History
- Name: 1897: Maylands; 1905: Veerhaven; 1915: Djursland; 1915: Maumee; 1923: Dorte Jensen;
- Owner: 1897: J. F. Wilson & Co.; 1905: Van Uden Brothers; 1915: A. Jensen; 1915: American Transatlantic Co.; 1923: H. Jensen;
- Builder: Furness Withy and Company, Ltd., West Hartlepool, England
- Yard number: 233
- Launched: 20 March 1897
- Completed: April 1897
- Fate: broken up at Genoa, 22 January 1924

History

United States
- Name: USS Maumee
- Acquired: 9 January 1918
- Commissioned: 9 January 1918

General characteristics
- Type: Collier
- Displacement: 5,617 long tons (5,707 t) light
- Length: 315 ft (96 m)
- Beam: 41 ft 9 in (12.73 m)
- Draft: 19 ft 2 in (5.84 m)
- Propulsion: Steam turbine; 1 × shaft;
- Speed: 9.5 kn (10.9 mph; 17.6 km/h)

= USS Maumee (ID-1339) =

Collier of the United States Navy

USS Maumee (ID-1339) was a United States Navy collier commissioned in 1918. The ship was built in 1897 by Furness Withy and Company, Ltd. at West Hartlepool, England as the cargo ship Maylands of J. F. Wilson & Company. The ship went through a progression of names and owners, becoming Veerhaven in 1905, and Djursland in 1915. Later in 1915, the ship was renamed Maumee after her purchase by the American Transatlantic Company. After the United States' entry into World War I, Maumee was acquired by the United States Navy on 9 January 1918 and commissioned the same day. Maumee was initially assigned to the Naval Overseas Transportation Service, but reassigned to the Destroyer Force on 18 April 1919.
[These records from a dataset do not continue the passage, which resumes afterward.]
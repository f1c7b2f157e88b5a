//! Bytes that are read after others.

use ffv1_reads::{FileFault, append};
use ffv1_wire::FromRead;
use std::alloc::Global;

/// The answers of reading two bytes twice after one, of three, and what is there after each.
fn appended(
    alloc: Global,
) -> Result<(Result<(), FileFault>, bool, Result<(), FileFault>, bool), FileFault> {
    let mut input = FromRead::new(b"abc".as_slice());
    let mut bytes = Vec::from_slice(alloc, b"9")?;
    let first = append(&mut input, 2, &mut bytes);
    let two = bytes.as_slice() == b"9ab".as_slice();
    let second = append(&mut input, 2, &mut bytes);
    let three = bytes.as_slice() == b"9abc".as_slice();
    Ok((first, two, second, three))
}

#[test]
fn bytes_after_others(rt: HostRuntime) {
    let truncated = Err(FileFault::Truncated);
    assert!(rt; appended(rt.alloc()) == Ok((Ok(()), true, truncated, true)));
}
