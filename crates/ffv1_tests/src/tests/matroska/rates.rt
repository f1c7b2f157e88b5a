//! Frame rates and how long a frame lasts.

use ffv1_matroska::{duration_of, rate_of};

#[test]
fn rates(rt: HostRuntime) {
    assert!(rt; rate_of(41_666_666) == (24, 1));
    assert!(rt; rate_of(33_366_667) == (30_000, 1001));
    assert!(rt; rate_of(133_333_333) == (15, 2));
    assert!(rt; rate_of(240_000_000) == (25, 6));
    assert!(rt; rate_of(33_366_700) == (2997, 100));
    assert!(rt; rate_of(16_683_350) == (5994, 100));
    assert!(rt; rate_of(40_040_040) == (24_975, 1000));
    assert!(rt; rate_of(41_708_375) == (23_976, 1000));
    assert!(rt; rate_of(4_000_000_000) == (1, 4));
    assert!(rt; rate_of(u64::MAX) == (0, 0));
    assert!(rt; rate_of(0) == (0, 0));
}

#[test]
fn durations(rt: HostRuntime) {
    assert!(rt; duration_of(25, 1) == 40_000_000);
    assert!(rt; duration_of(24_000, 1001) == 41_708_333);
    assert!(rt; duration_of(30_000, 1001) == 33_366_667);
    assert!(rt; duration_of(2997, 100) == 33_366_700);
    assert!(rt; duration_of(0, 0) == 0);
}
The details of Maumees decommissioning and subsequent release from U.S. Navy control are unknown. By 1923, she was operating under the name of Dorte Jensen for H. Jenson. According to ship registries, she was broken up on 22 January 1924 at Genoa. NavSource Online, however, reports that the vessel was transferred to the Republic of China Navy in 1948, but may have confused this ship with , which was also in commission during the same time frame and was transferred to the Republic of China in 1948.